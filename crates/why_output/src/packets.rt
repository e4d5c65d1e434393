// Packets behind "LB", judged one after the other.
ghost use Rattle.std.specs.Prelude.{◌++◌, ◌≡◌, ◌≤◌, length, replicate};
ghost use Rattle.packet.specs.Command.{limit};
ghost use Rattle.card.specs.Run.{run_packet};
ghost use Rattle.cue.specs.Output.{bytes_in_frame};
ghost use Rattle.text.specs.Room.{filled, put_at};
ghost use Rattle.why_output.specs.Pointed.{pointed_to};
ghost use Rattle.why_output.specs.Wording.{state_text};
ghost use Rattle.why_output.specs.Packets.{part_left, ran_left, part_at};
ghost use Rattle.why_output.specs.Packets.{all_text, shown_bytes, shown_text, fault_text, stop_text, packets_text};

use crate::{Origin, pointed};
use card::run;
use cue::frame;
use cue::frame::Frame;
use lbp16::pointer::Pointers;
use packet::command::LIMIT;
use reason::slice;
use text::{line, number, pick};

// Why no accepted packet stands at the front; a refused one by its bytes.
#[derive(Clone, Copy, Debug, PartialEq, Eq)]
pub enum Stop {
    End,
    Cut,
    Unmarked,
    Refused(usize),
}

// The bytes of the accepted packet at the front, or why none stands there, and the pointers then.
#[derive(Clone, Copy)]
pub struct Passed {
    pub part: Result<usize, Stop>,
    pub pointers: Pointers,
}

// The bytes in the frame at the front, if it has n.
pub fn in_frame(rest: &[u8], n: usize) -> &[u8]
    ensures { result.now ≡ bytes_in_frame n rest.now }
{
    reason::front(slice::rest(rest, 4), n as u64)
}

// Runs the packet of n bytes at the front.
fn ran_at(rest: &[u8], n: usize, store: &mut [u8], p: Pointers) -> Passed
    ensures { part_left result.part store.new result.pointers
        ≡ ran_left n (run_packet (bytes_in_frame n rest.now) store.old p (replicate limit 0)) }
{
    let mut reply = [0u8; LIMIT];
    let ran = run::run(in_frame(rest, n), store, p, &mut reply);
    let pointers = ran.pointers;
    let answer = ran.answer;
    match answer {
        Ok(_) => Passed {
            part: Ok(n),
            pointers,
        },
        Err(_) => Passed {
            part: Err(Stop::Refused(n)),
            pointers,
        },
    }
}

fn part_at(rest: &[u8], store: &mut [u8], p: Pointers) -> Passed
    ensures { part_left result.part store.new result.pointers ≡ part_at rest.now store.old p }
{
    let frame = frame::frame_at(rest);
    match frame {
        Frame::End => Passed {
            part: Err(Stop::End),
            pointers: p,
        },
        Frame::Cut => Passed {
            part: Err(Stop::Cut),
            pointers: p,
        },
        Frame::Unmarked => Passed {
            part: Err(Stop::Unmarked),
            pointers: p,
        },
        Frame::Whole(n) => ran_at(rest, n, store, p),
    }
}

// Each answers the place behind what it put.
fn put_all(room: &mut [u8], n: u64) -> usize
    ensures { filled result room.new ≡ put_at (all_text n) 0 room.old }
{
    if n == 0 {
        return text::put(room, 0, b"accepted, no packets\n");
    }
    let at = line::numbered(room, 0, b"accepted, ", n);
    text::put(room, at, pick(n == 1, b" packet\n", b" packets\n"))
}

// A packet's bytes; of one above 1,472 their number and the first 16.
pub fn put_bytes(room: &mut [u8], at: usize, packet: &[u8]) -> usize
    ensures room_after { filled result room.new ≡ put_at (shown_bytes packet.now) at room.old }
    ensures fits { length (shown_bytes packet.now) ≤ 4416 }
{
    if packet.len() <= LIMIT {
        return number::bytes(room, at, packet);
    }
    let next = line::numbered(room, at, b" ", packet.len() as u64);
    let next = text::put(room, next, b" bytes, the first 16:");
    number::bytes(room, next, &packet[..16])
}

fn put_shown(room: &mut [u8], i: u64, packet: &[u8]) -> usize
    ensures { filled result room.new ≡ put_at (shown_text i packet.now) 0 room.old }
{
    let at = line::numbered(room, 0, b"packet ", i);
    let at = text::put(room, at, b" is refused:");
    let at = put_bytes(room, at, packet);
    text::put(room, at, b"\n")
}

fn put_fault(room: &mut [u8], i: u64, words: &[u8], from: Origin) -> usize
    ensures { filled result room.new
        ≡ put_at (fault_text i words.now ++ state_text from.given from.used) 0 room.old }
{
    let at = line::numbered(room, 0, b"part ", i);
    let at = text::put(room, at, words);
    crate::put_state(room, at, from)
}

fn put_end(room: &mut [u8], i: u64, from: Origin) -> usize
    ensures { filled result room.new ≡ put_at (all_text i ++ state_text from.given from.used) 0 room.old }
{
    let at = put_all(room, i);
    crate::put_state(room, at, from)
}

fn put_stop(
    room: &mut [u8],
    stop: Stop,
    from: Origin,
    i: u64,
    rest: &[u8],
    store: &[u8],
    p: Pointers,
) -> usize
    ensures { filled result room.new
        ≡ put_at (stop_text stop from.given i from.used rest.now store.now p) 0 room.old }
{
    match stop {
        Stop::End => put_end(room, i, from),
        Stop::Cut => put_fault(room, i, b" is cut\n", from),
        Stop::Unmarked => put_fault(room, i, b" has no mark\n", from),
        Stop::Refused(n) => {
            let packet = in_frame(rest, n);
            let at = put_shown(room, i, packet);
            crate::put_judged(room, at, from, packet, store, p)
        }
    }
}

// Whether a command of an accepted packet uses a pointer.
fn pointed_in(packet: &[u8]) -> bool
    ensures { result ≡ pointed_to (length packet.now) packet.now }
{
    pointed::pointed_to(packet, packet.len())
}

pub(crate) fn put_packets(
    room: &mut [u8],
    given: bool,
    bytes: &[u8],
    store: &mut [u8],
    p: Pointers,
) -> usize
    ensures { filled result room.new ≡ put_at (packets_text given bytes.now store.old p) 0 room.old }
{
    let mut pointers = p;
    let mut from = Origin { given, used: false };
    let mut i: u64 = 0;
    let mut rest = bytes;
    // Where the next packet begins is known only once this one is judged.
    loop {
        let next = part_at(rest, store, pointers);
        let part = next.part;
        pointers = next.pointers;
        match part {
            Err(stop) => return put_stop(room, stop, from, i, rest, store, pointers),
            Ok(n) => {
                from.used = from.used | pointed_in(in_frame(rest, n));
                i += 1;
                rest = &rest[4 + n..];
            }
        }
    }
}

::::::::

## PROBLEM TO WORK ON
Once you reach the line containing "use lbp16::pointer::Pointers;", include it and stop; until then, reproduce each line of the listing from its start exactly.

## ANSWER SECTION
filename crates/why_output/src/packets.rt
repository e4d5c65d1e434393
// Packets behind "LB", judged one after the other.
ghost use Rattle.std.specs.Prelude.{◌++◌, ◌≡◌, ◌≤◌, length, replicate};
ghost use Rattle.packet.specs.Command.{limit};
ghost use Rattle.card.specs.Run.{run_packet};
ghost use Rattle.cue.specs.Output.{bytes_in_frame};
ghost use Rattle.text.specs.Room.{filled, put_at};
ghost use Rattle.why_output.specs.Pointed.{pointed_to};
ghost use Rattle.why_output.specs.Wording.{state_text};
ghost use Rattle.why_output.specs.Packets.{part_left, ran_left, part_at};
ghost use Rattle.why_output.specs.Packets.{all_text, shown_bytes, shown_text, fault_text, stop_text, packets_text};

use crate::{Origin, pointed};
use card::run;
use cue::frame;
use cue::frame::Frame;
use lbp16::pointer::Pointers;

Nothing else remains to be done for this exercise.